На парней пахнуло застоявшейся вонью камеры.
— Никитин, Семаго! На выход! — распорядился лейтенант.
Никто не выходил.
— Непонятно сказал?! — повысил голос офицер.
Спустя некоторое время вышел человек в засаленной, прокопченной, местами прогоревшей полевой форме, без ремня и шнурков в берцах. Он неуверенно остановился на выходе.
— Фамилия? — спросил лейтенант.
— Рядовой Семаго, — ответил человек, низко опустив голову.
— Осужденный Семаго, — поправил его офицер.

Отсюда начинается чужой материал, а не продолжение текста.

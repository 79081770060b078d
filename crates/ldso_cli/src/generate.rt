//! `gen`: a set of libraries that a number makes, and its run.

ghost use Rattle.std.specs.Prelude.{◌≡◌, IfOk};
ghost use Rattle.std.specs.String.{string_bytes};
ghost use Rattle.ldso_cli.specs.End.{kept_end};
ghost use Rattle.ldso_cli.specs.Generate.{GenComes, exit_code, set_cause, set_line, set_setup, set_text};

use crate::answer::Answer;
use crate::outcome::{Cause, End};
use crate::play::{Played, last_line, play, run_cause};
use history_calls::Setup;
use ld_base::{Bytes, DlFault, Name, Names};
use lib_gen::{SetLibrary, library_set, summary_line};
use std::alloc::{AllocError, Global};
use trace_text::RunEnd;
use world_turns::Turns;

/// How many turns the program has.
const FUEL: u64 = 1_000_000;

/// What is asked of the run of a set: its program's libraries are looked for in the folder `lib`.
fn set_setup(alloc: Global) -> Result<Setup, AllocError>
    ensures { IfOk result (λ setup. setup ≡ set_setup) }
{
    let mut folders = Names::new(alloc);
    folders.push(Name::new(alloc, b"lib")?)?;
    Ok(Setup {
        program: Name::new(alloc, b"gen")?,
        folders,
        preload: Names::new(alloc),
        bind_now: false,
        harts: Names::new(alloc),
        fuel: FUEL,
    })
}

/// The code with which the program exited, if it did.
fn exit_code(ended: &Result<RunEnd, DlFault>) -> Option<u64>
    ensures { result ≡ exit_code ended.now }
{
    match ended {
        Ok(RunEnd::Exited(code)) => Some(*code),
        Ok(RunEnd::Ended(_, _)) | Err(_) => None,
    }
}

/// The last line: where the program exited, the status is 0.
fn set_line(alloc: Global, ended: &Result<RunEnd, DlFault>) -> Result<String, AllocError>
    ensures { IfOk result (λ line. string_bytes line ≡ set_line ended.now) }
{
    match exit_code(ended) {
        Some(_) => RunEnd::Exited(0).line(alloc),
        None => last_line(alloc, ended),
    }
}

/// What is printed of the run of a set.
fn set_text(alloc: Global, number: u32, played: &Played) -> Result<Bytes, AllocError>
    ensures { IfOk result (λ text. text ≡ set_text number played.now.ended played.now.left.journal.events) }
{
    let code = exit_code(&played.ended);
    let line = set_line(alloc, &played.ended)?;
    let mut text = summary_line(alloc, number, played.left.counts, code)?;
    text.push_str(line.as_str())?;
    Ok(Bytes::from(text.into_bytes()))
}

/// Why the command ends.
fn set_cause(ended: Result<RunEnd, DlFault>) -> Cause
    ensures { result ≡ set_cause ended }
{
    match exit_code(&ended) {
        Some(_) => Cause::Done,
        None => run_cause(ended),
    }
}

/// The answer of a set's run that is over.
fn told(alloc: Global, number: u32, played: Played) -> Result<Answer, AllocError>
    ensures end { IfOk result (λ answer. answer.end ≡ kept_end (set_cause played.ended) played.left) }
    ensures text { IfOk result (λ answer. answer.text ≡ set_text number played.ended played.left.journal.events) }
{
    let text = set_text(alloc, number, &played)?;
    let Played { ended, left } = played;
    let end = End {
        cause: set_cause(ended),
        kept: Some(left),
        trails: None,
    };
    Ok(Answer { end, text })
}

/// Makes the set of a number, runs its program on one thread, and gives the summary of the run.
pub(crate) fn generate(alloc: Global, number: u32) -> Result<Answer, AllocError>
    ensures comes { IfOk result (λ answer. GenComes number answer.end answer.text) }
{
    let files = library_set(alloc, number)?;
    let mut library = SetLibrary::new(alloc, files);
    let setup = set_setup(alloc)?;
    let in_order = Turns::new(alloc);
    let played = play(alloc, &setup, &in_order, &mut library)?;
    told(alloc, number, played)
}
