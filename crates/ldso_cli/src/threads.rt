//! `run`: a run on threads.

ghost use Rattle.std.specs.Prelude.{◌≡◌, ◌≤◌, ◌^◌, ◌++◌, All, IfOk};
ghost use Rattle.history_calls.specs.Startup.{harts_of};
ghost use Rattle.ldso_cli.specs.End.{end_with_trails};
ghost use Rattle.ldso_cli.specs.Outside.{library_at};
ghost use Rattle.ldso_cli.specs.Played.{last_line, run_cause};
ghost use Rattle.ldso_cli.specs.Threads.{ComesOnThreads, EndsOnThreads, HasEnds, RunComes, RunLeaves, printed_of};
ghost use Rattle.trace_text.specs.Lines.{IsSayable};

use crate::answer::Answer;
use crate::outcome::End;
use crate::play::{Played, last_line, not_started, run_cause};
use cli_words::Run;
use history_calls::{Setup, StartFault, served_calls_are_legal};
use history_event::Event;
use ld_base::Bytes;
use library_source::Library;
use std::alloc::{AllocError, Global};
use std::sync::Wait;
use std::thread::Threads;
use trace_text::{RunEnd, events_are_sayable, guest_text, journal_text};
use word_memory::Trails;
use world_threads::{Ran, run_program};

/// A run on threads that is over, with what each hart did, if it started.
#[derive(Drop)]
struct Threaded {
    played: Played,
    trails: Option<Trails>,
}

/// What a run leaves that has ended.
fn over(ran: Ran) -> Threaded
    requires { HasEnds ran }
    ensures { EndsOnThreads ran result.played.ended result.played.left result.trails }
{
    let Ran { left, trails } = ran;
    let run_end = RunEnd::of(left.ends.as_slice());
    Threaded {
        played: Played {
            ended: Ok(run_end),
            left,
        },
        trails: Some(trails),
    }
}

/// What a run leaves that was to start.
///
/// # Errors
///
/// Want of memory.
fn left_of(alloc: Global, ran: Result<Ran, StartFault>) -> Result<Threaded, AllocError>
    requires { IfOk ran HasEnds }
    ensures { IfOk result (λ threaded. RunLeaves ran threaded.played.ended threaded.played.left threaded.trails) }
{
    match ran {
        Ok(ran) => Ok(over(ran)),
        Err(StartFault::Refused(fault, journal)) => Ok(Threaded {
            played: not_started(alloc, fault, journal),
            trails: None,
        }),
        Err(StartFault::Memory) => Err(AllocError),
    }
}

/// What is printed of a run: its journal, or what the program wrote, and the last line.
///
/// # Errors
///
/// Want of memory.
fn run_text(
    alloc: Global,
    trace: bool,
    events: &[Event],
    last_line: &str,
) -> Result<Bytes, AllocError>
    requires { All IsSayable events.now }
    ensures { IfOk result (λ text. text ≡ printed_of trace events.now ++ last_line.now) }
{
    if trace {
        journal_text(alloc, events, last_line)
    } else {
        guest_text(alloc, events, last_line)
    }
}

/// The answer of a run that is over.
fn told(alloc: Global, trace: bool, threaded: Threaded) -> Result<Answer, AllocError>
    requires { All IsSayable threaded.played.left.journal.events }
    ensures end { IfOk result (λ answer. answer.end ≡ end_with_trails (run_cause threaded.played.ended) threaded.played.left threaded.trails) }
    ensures text { IfOk result (λ answer. answer.text ≡ printed_of trace threaded.played.left.journal.events ++ last_line threaded.played.ended) }
{
    let Threaded { played, trails } = threaded;
    let Played { ended, left } = played;
    let line = last_line(alloc, &ended)?;
    let text = run_text(alloc, trace, left.journal.as_slice(), line.as_str())?;
    let end = End {
        cause: run_cause(ended),
        kept: Some(left),
        trails,
    };
    Ok(Answer { end, text })
}

/// Starts a run on threads, and takes it to its end. The library is handed back.
///
/// # Errors
///
/// Want of memory.
fn run_setup<R: Threads + Wait + Sync, L: Library + Send + Drop>(
    rt: &R,
    alloc: Global,
    setup: &Setup,
    library: L,
) -> (Result<Threaded, AllocError>, L)
    requires few { harts_of setup.now ≤ 16 }
    requires fuel { setup.now.fuel ≤ 2 ^ 32 }
    ensures comes { IfOk result.0 (λ threaded. ComesOnThreads setup.now (library_at L.files L.faults L.misses library)
        (library_at L.files L.faults L.misses result.1) threaded.played.ended threaded.played.left threaded.trails) }
    ensures files { L.files result.1 ≡ L.files library }
    ensures faults { L.faults library ≤ L.faults result.1 }
    ensures misses { L.misses library ≤ L.misses result.1 }
{
    let (ran, library) = run_program(rt, alloc, setup, library);
    (left_of(alloc, ran), library)
}

/// Runs a program on threads, and gives its journal, or what it wrote. The library is handed back.
///
/// # Errors
///
/// Want of memory.
pub(crate) fn run<R: Threads + Wait + Sync, L: Library + Send + Drop>(
    rt: &R,
    alloc: Global,
    command: &Run,
    library: L,
) -> (Result<Answer, AllocError>, L)
    requires few { harts_of command.now.setup ≤ 16 }
    requires fuel { command.now.setup.fuel ≤ 2 ^ 32 }
    ensures comes { IfOk result.0 (λ answer. RunComes command.now (library_at L.files L.faults L.misses library)
        (library_at L.files L.faults L.misses result.1) answer.end answer.text) }

    // What the library is left as.
    ensures files { L.files result.1 ≡ L.files library }
    ensures faults { L.faults library ≤ L.faults result.1 }
    ensures misses { L.misses library ≤ L.misses result.1 }
{
    served_calls_are_legal();
    events_are_sayable();
    let (threaded, library) = run_setup(rt, alloc, &command.setup, library);
    match threaded {
        Ok(threaded) => (told(alloc, command.trace, threaded), library),
        Err(AllocError) => (Err(AllocError), library),
    }
}
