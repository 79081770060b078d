//! What a command answers, before anything is written.

ghost use Rattle.std.specs.Prelude.{◌≡◌, IfOk};
ghost use Rattle.std.specs.String.{string_bytes};
ghost use Rattle.ldso_cli.specs.Command.{IsUsage};
ghost use Rattle.ldso_cli.specs.End.{bare};
ghost use Rattle.ldso_cli.specs.Status.{asm_refused_text, asm_word, refused_text};
ghost use Rattle.ldso_cli.specs.declared.outcome.Cause.TheVariants.{AsmRefused, Done, Refused};

use crate::outcome::{Cause, End, refused_line};
use ld_base::{AsmCause, Bytes, DlFault};
use std::alloc::{AllocError, Global};

/// How a command ended, and the bytes that it prints then.
#[derive(Drop)]
pub(crate) struct Answer {
    pub end: End,
    pub text: Bytes,
}

/// The answer of a command that did what it was asked, and ran no program.
pub(crate) fn done(text: String) -> Answer
    ensures end { result.end ≡ bare Done }
    ensures text { result.text ≡ string_bytes text }
{
    Answer {
        end: End::bare(Cause::Done),
        text: Bytes::from(text.into_bytes()),
    }
}

/// The answer of a source that was assembled: the bytes of its object, alone.
pub(crate) fn assembled(bytes: Vec<u8>) -> Answer
    ensures end { result.end ≡ bare Done }
    ensures text { result.text ≡ bytes.items }
{
    Answer {
        end: End::bare(Cause::Done),
        text: Bytes::from(bytes),
    }
}

/// The answer of a refusal, of a command that ran no program.
pub(crate) fn refused(alloc: Global, fault: DlFault) -> Result<Answer, AllocError>
    ensures end { IfOk result (λ answer. answer.end ≡ bare (Refused fault)) }
    ensures text { IfOk result (λ answer. answer.text ≡ refused_text fault) }
{
    let text = refused_line(alloc, &fault)?;
    Ok(Answer {
        end: End::bare(Cause::Refused(fault)),
        text: Bytes::from(text.into_bytes()),
    })
}

/// The word of a cause for which a source is refused.
fn asm_word(cause: AsmCause) -> &'static str
    ensures { result.now ≡ asm_word cause }
{
    match cause {
        AsmCause::BadStatement => "bad-statement",
        AsmCause::UnknownWord => "unknown-word",
        AsmCause::BadOperand => "bad-operand",
        AsmCause::OutOfRange => "out-of-range",
        AsmCause::DoubleLabel => "double-label",
        AsmCause::UnknownLabel => "unknown-label",
        AsmCause::WrongSection => "wrong-section",
        AsmCause::TooBig => "too-big",
    }
}

/// The answer of a source that is refused.
#[tactic(auto, unfolding(crate::specs::Status::asm_refused_text))]
pub(crate) fn asm_refused(alloc: Global, line: u64, cause: AsmCause) -> Result<Answer, AllocError>
    ensures end { IfOk result (λ answer. answer.end ≡ bare (AsmRefused line cause)) }
    ensures text { IfOk result (λ answer. answer.text ≡ asm_refused_text line cause) }
{
    let word = asm_word(cause);
    let text = format!(in alloc; "end 119 asm {line} {word}\n")?;
    Ok(Answer {
        end: End::bare(Cause::AsmRefused(line, cause)),
        text: Bytes::from(text.into_bytes()),
    })
}

/// The answer of words that are no command.
pub(crate) fn usage(alloc: Global) -> Result<Answer, AllocError>
    ensures { IfOk result (λ answer. IsUsage answer.end answer.text) }
{
    let text = String::from_str(alloc, "end 120 usage\n")?;
    Ok(Answer {
        end: End::bare(Cause::Usage),
        text: Bytes::from(text.into_bytes()),
    })
}
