//! What holds of every command.

ghost use Rattle.std.specs.Prelude.{◌≡◌, ℕ, List, Some};
ghost use Rattle.ld_base.specs.declared.linking.File.{File};
ghost use Rattle.cli_words.specs.declared.command.Check.{Check};
ghost use Rattle.cli_words.specs.declared.command.Command.{Command};
ghost use Rattle.ldso_cli.specs.Check.{CheckComes};
ghost use Rattle.ldso_cli.specs.Command.{Comes, NoReadFails, Prints};
ghost use Rattle.ldso_cli.specs.Ends.{ComeToOne, IsUndisturbed, RunAt};
ghost use Rattle.ldso_cli.specs.Laws.{AnswersAreHistories, AnswersComplete};
ghost use Rattle.ldso_cli.specs.Outside.{LibraryAt, handed_to};
ghost use Rattle.ldso_cli.specs.declared.outcome.End.{End};

use cli_words::words_are_one_command;
use history_calls::{one_startup, served_calls_are_legal};
use history_journal::accepted_object;
use lib_gen::one_set;
use library_source::Sink;
use scope_rule::one_outcome;
use trace_check::one_verdict;
use trace_text::one_run_end;
use world_laws::{
    harts_follow, journals_are_true, moments_are_true, runs_are_one, runs_are_whole,
    runs_have_journals,
};
use world_threads::slots_end;
use world_turns::runs_stay_sound;

/// The words and the files decide what a call of the command comes to, where the library tells its
/// files, neither it nor the sink fails, and memory suffices, in a run that it makes, too: one status,
/// one text, and one record of the run. For `gen` the words alone decide it.
///
/// So it is of the commands that can be done, whose runs follow a written schedule. Of harts on threads it
/// would be false: which of them comes first is written nowhere.
pub fn one_answer<K: Sink, J: Sink>()
    ensures { (words : List (List ℕ)) (files : List File) (first second : RunAt) (old new : K) (old' new' : J) →
        IsUndisturbed (handed_to K.writes old new) words files first → IsUndisturbed (handed_to J.writes old' new') words files second →
        ComeToOne (handed_to K.writes old new) (handed_to J.writes old' new') first second }
{
    words_are_one_command();
    one_outcome();
    asm_layout::one_answer();
    one_set();
    runs_are_one();
    one_startup();
    accepted_object();
    one_run_end();
    one_verdict();
}

/// Where no read fails, the files decide how `bind`, `dump` and `asm` end.
pub fn one_end()
    ensures { (command : Command) (files : List File) (before after before' after' : LibraryAt) (first second : End) →
        Comes command before after files first → NoReadFails first → Comes command before' after' files second → NoReadFails second → first ≡ second }
{
    one_outcome();
    asm_layout::one_answer();
}

/// Over the same files they print one text at an end.
pub fn one_text()
    ensures { (command : Command) (files : List File) (end : End) (first second : List ℕ) →
        Prints command files end first → Prints command files end second → first ≡ second }
{
    one_outcome();
    asm_layout::one_answer();
}

/// Over the same files, where no read fails, `check` ends one way and prints one text.
pub fn one_judgement()
    ensures { (check : Check) (files : List File) (before after before' after' : LibraryAt) (first second : End) (text text' : List ℕ)
        → before.files ≡ Some files → before'.files ≡ Some files → CheckComes check before after first text → NoReadFails first
        → CheckComes check before' after' second text' → NoReadFails second → (first ≡ second) × (text ≡ text') }
{
    one_verdict();
}

/// What an answer keeps of a run is one legal history, over the files as its library tells them. Where the
/// program ran it is whole, and at each moment of the run choices, blocks of thread-local storage and closings
/// are what they should be; so are slots, at each moment on one thread, and at the end on threads. A program
/// that may start over files that are told runs, where no read fails.
pub(crate) fn answers_are_histories()
    ensures { AnswersAreHistories }
{
    accepted_object();
    served_calls_are_legal();
    runs_stay_sound();
    runs_have_journals();
    harts_follow();
    runs_are_whole();
    moments_are_true();
    journals_are_true();
    slots_end();
    one_startup();
}

/// Where the files have all that a command asks for, and no read fails, it does what it was asked.
pub(crate) fn answers_complete()
    ensures { AnswersComplete }
{
    one_outcome();
    asm_layout::one_answer();
    one_startup();
    one_set();
    one_verdict();
}
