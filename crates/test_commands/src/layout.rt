//! Bytes that are laid out word by word, as an assembler's data is.

use crate::numbers::Numbers;
use ld_base::{Bytes, File, Name};
use std::alloc::{AllocError, Global};
use test_file::Fault;

/// What is done with the words behind a directive.
#[derive(Clone, Copy)]
enum Directive {
    /// Each is the name of bytes that stand elsewhere.
    Copy,
    /// The place where the next bytes go.
    At,
    /// How many bytes there are: the others are cut off, or zeros are put behind them.
    Size,
    /// Each is a number of so many bytes, the lowest first.
    Number(usize),
    /// Each is text.
    Text,
    /// Each is text that ends in a zero byte.
    EndedText,
    /// How many zero bytes there are.
    Zero,
    /// How many doublewords there are.
    Fill,
    /// The doubleword of which there are so many.
    Filling(u64),
}

impl Directive {
    fn named(word: &str) -> Option<Self> {
        match word {
            "copy" => Some(Directive::Copy),
            "at" => Some(Directive::At),
            "size" => Some(Directive::Size),
            ".byte" => Some(Directive::Number(1)),
            ".half" => Some(Directive::Number(2)),
            ".word" => Some(Directive::Number(4)),
            ".dword" => Some(Directive::Number(8)),
            ".ascii" => Some(Directive::Text),
            ".asciz" => Some(Directive::EndedText),
            ".zero" => Some(Directive::Zero),
            ".fill" => Some(Directive::Fill),
            _ => None,
        }
    }
}

/// Bytes with a name: a file's path, or what others copy them by.
#[derive(Drop)]
pub struct Layout {
    name: Name,
    bytes: Vec<u8>,
    /// Where the next byte goes.
    at: usize,
}

impl Layout {
    pub fn new(alloc: Global, name: &str) -> Result<Self, AllocError> {
        Ok(Layout {
            name: Name::new(alloc, name.as_bytes())?,
            bytes: Vec::new(alloc),
            at: 0,
        })
    }

    pub fn copy(&self, alloc: Global) -> Result<Self, AllocError> {
        Ok(Layout {
            name: Name::new(alloc, self.name.as_bytes())?,
            bytes: self.bytes.to_vec(alloc)?,
            at: self.at,
        })
    }

    /// The file that is laid out so.
    pub fn to_file(&self, alloc: Global) -> Result<File, AllocError> {
        Ok(File {
            path: Name::new(alloc, self.name.as_bytes())?,
            bytes: Bytes::from_slice(alloc, self.bytes.as_slice())?,
        })
    }

    pub fn bytes(&self) -> &[u8] {
        self.bytes.as_slice()
    }

    /// Puts lines of text, a bar between two of them, each with a line feed behind it.
    fn put_text(&mut self, text: &str) -> Result<(), AllocError> {
        for line in text.split(" | ") {
            self.put(line.as_bytes())?;
            self.put(b"\n")?;
        }
        Ok(())
    }

    /// Lays out what a line says.
    pub fn write(&mut self, line: &str, stocks: &[Layout], numbers: &Numbers) -> Result<(), Fault> {
        match line.trim().strip_prefix("text ") {
            Some(text) => Ok(self.put_text(text)?),
            None => self.write_words(line, stocks, numbers),
        }
    }

    /// Lays out the words of a line.
    fn write_words(
        &mut self,
        line: &str,
        stocks: &[Layout],
        numbers: &Numbers,
    ) -> Result<(), Fault> {
        let mut directive = None;
        for word in line.split_whitespace() {
            directive = match (Directive::named(word), directive) {
                (Some(next), _) => Some(next),
                (None, Some(now)) => Some(self.follow(now, word, stocks, numbers)?),
                (None, None) => return Err(Fault::Unclear),
            };
        }
        Ok(())
    }

    /// Does with a word what its directive says, which may be another for the next word.
    fn follow(
        &mut self,
        directive: Directive,
        word: &str,
        stocks: &[Layout],
        numbers: &Numbers,
    ) -> Result<Directive, Fault> {
        match directive {
            Directive::Copy => self.put(find(stocks, word)?.bytes.as_slice())?,
            Directive::Text => self.put(word.as_bytes())?,
            Directive::EndedText => {
                self.put(word.as_bytes())?;
                self.put(b"\0")?;
            }
            Directive::At => self.at = number(numbers, word)? as usize,
            Directive::Size => self.bytes.resize(number(numbers, word)? as usize, 0)?,
            Directive::Number(width) => self.put_low(number(numbers, word)?, width)?,
            Directive::Zero => self.fill(number(numbers, word)?, 0, 1)?,
            Directive::Fill => return Ok(Directive::Filling(number(numbers, word)?)),
            Directive::Filling(count) => self.fill(count, number(numbers, word)?, 8)?,
        }
        Ok(directive)
    }

    /// Puts the lowest bytes of a number, so many of them.
    fn put_low(&mut self, value: u64, width: usize) -> Result<(), AllocError> {
        for byte in value.to_le_bytes().iter().take(width) {
            self.put_byte(*byte)?;
        }
        Ok(())
    }

    /// Puts the lowest bytes of a number so many times.
    fn fill(&mut self, count: u64, value: u64, width: usize) -> Result<(), AllocError> {
        for _ in 0..count {
            self.put_low(value, width)?;
        }
        Ok(())
    }

    /// Puts these bytes.
    pub fn put(&mut self, bytes: &[u8]) -> Result<(), AllocError> {
        for byte in bytes {
            self.put_byte(*byte)?;
        }
        Ok(())
    }

    /// Puts a byte at the place, behind zeros where nothing stands before it.
    fn put_byte(&mut self, byte: u8) -> Result<(), AllocError> {
        if self.at < self.bytes.len() {
            self.bytes[self.at] = byte;
        } else {
            self.bytes.resize(self.at, 0)?;
            self.bytes.push(byte)?;
        }
        self.at = self.at.saturating_add(1);
        Ok(())
    }
}

/// The bytes with a name.
pub fn find<'a>(stocks: &'a [Layout], name: &str) -> Result<&'a Layout, Fault> {
    stocks
        .iter()
        .find(|stock| stock.name.is(name.as_bytes()))
        .ok_or(Fault::Unclear)
}

fn number(numbers: &Numbers, word: &str) -> Result<u64, Fault> {
    numbers.read(word).ok_or(Fault::Unclear)
}
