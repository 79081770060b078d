//! Following many links of a System V chain at once.
//!
//! Chains may share their ends, so that walking each of them by itself could take as many steps as
//! there are buckets times symbols. Here all walks go on together: trips of 1, 2, 4 .. links are
//! made from each symbol, and a walk takes those that make up the number of its steps.

ghost use Rattle.std.specs.Prelude.{◌≡◌, ℕ, ◌/◌, ◌%◌, ◌^◌, ◌<◌, ◌==◌, IfOk, Some, if◌then◌else◌, map, length};
ghost use Rattle.std.specs.List.{slice_get};
ghost use Rattle.sym_hash.specs.Follow.{begun, carried, then_trip, trip};

use std::alloc::{AllocError, Global};

/// Links that are followed one after another: where they lead to, and how many there are.
#[derive(Clone, Copy)]
pub(crate) struct Trip {
    pub(crate) end: u32,
    pub(crate) links: u64,
}

/// Where a walk begins, and how many steps it takes.
#[derive(Clone, Copy)]
pub(crate) struct Start {
    pub(crate) from: u32,
    pub(crate) steps: u32,
}

/// A walk of so many steps: how far it has come.
#[derive(Clone, Copy)]
struct Walk {
    trip: Trip,
    steps: u32,
}

impl Start {
    fn begun(self) -> Walk
        ensures { result ≡ begun self }
    {
        Walk {
            trip: Trip {
                end: self.from,
                links: 0,
            },
            steps: self.steps,
        }
    }
}

impl Trip {
    /// This trip, and then the one of these that begins where it ends, if there is one.
    fn then(self, trips: &[Trip]) -> Self
        ensures { result ≡ then_trip trips.now self }
    {
        let end = self.end as usize;
        if end < trips.len() {
            let next = trips[end];
            Trip {
                end: next.end,
                links: self.links.saturating_add(next.links),
            }
        } else {
            self
        }
    }
}

impl Walk {
    /// The walk, gone on by these trips where the number of its steps has this bit.
    fn carried(self, trips: &[Trip], bit: u32) -> Self
        requires { bit < 32 }
        ensures { result ≡ carried trips.now bit self }
    {
        if (self.steps >> bit) % 2 == 1 {
            Walk {
                trip: self.trip.then(trips),
                steps: self.steps,
            }
        } else {
            self
        }
    }
}

/// The trip of one link from a symbol; there is none from 0.
fn first_trip(symbol: usize, link: u32) -> Trip
    ensures { result ≡ (if symbol == 0 then record { end = 0; links = 0 } else record { end = link; links = 1 }) }
{
    if symbol == 0 {
        Trip { end: 0, links: 0 }
    } else {
        Trip {
            end: link,
            links: 1,
        }
    }
}

/// The trips of one link from each symbol.
fn first_trips(alloc: Global, chain: &[u32]) -> Result<Vec<Trip>, AllocError>
    ensures length { IfOk result (λ trips. length trips.items ≡ length chain.now) }
    ensures trips { IfOk result (λ trips. (at : ℕ) → at < length chain.now → slice_get trips.items at ≡ Some (trip chain.now 1 at)) }
{
    let mut trips = Vec::with_capacity(alloc, chain.len())?;
    for (symbol, link) in chain.iter().enumerate() {
        trips.push(first_trip(symbol, *link))?;
    }
    Ok(trips)
}

/// The trips of twice as many links.
fn doubled(alloc: Global, trips: &[Trip]) -> Result<Vec<Trip>, AllocError>
    ensures { IfOk result (λ all. all.items ≡ map (then_trip trips.now) trips.now) }
{
    trips.iter().map(|trip| trip.then(trips)).collect(alloc)
}

fn carry_all(
    alloc: Global,
    walks: &[Walk],
    trips: &[Trip],
    bit: u32,
) -> Result<Vec<Walk>, AllocError>
    requires { bit < 32 }
    ensures { IfOk result (λ all. all.items ≡ map (carried trips.now bit) walks.now) }
{
    walks
        .iter()
        .map(|walk| walk.carried(trips, bit))
        .collect(alloc)
}

/// The walks at their beginnings.
fn begun(alloc: Global, starts: &[Start]) -> Result<Vec<Walk>, AllocError>
    ensures { IfOk result (λ all. all.items ≡ map begun starts.now) }
{
    starts.iter().map(|start| start.begun()).collect(alloc)
}

fn trips_of(alloc: Global, walks: &[Walk]) -> Result<Vec<Trip>, AllocError>
    ensures { IfOk result (λ all. all.items ≡ map (λ w. w.trip) walks.now) }
{
    walks.iter().map(|walk| walk.trip).collect(alloc)
}

/// The trips of all these walks along a chain.
pub(crate) fn follow_all(
    alloc: Global,
    chain: &[u32],
    starts: &[Start],
) -> Result<Vec<Trip>, AllocError>
    ensures { IfOk result (λ all. all.items ≡ map (λ s. trip chain.now (s.steps % 2 ^ 32) s.from) starts.now) }
{
    let mut walks = begun(alloc, starts)?;
    let mut trips = first_trips(alloc, chain)?;
    for bit in 0..u32::BITS {
        walks = carry_all(alloc, &walks, &trips, bit)?;
        trips = doubled(alloc, &trips)?;
    }
    trips_of(alloc, &walks)
}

Рядовой ничего не ответил.
— К стене его, — распорядился лейтенант.
Солдаты поставили человека лицом к стене, завели руки за спину, сковали наручниками.
— Долго мне ждать?! — недовольно крикнул молодой офицер в распахнутую дверь.
Никакой реакции не последовало.
— Давай, — кивнул он солдатам.
Те исчезли в темноте камеры. Оттуда послышались сдавленные выкрики:
— Не трогайте меня! Не пойду! Нет!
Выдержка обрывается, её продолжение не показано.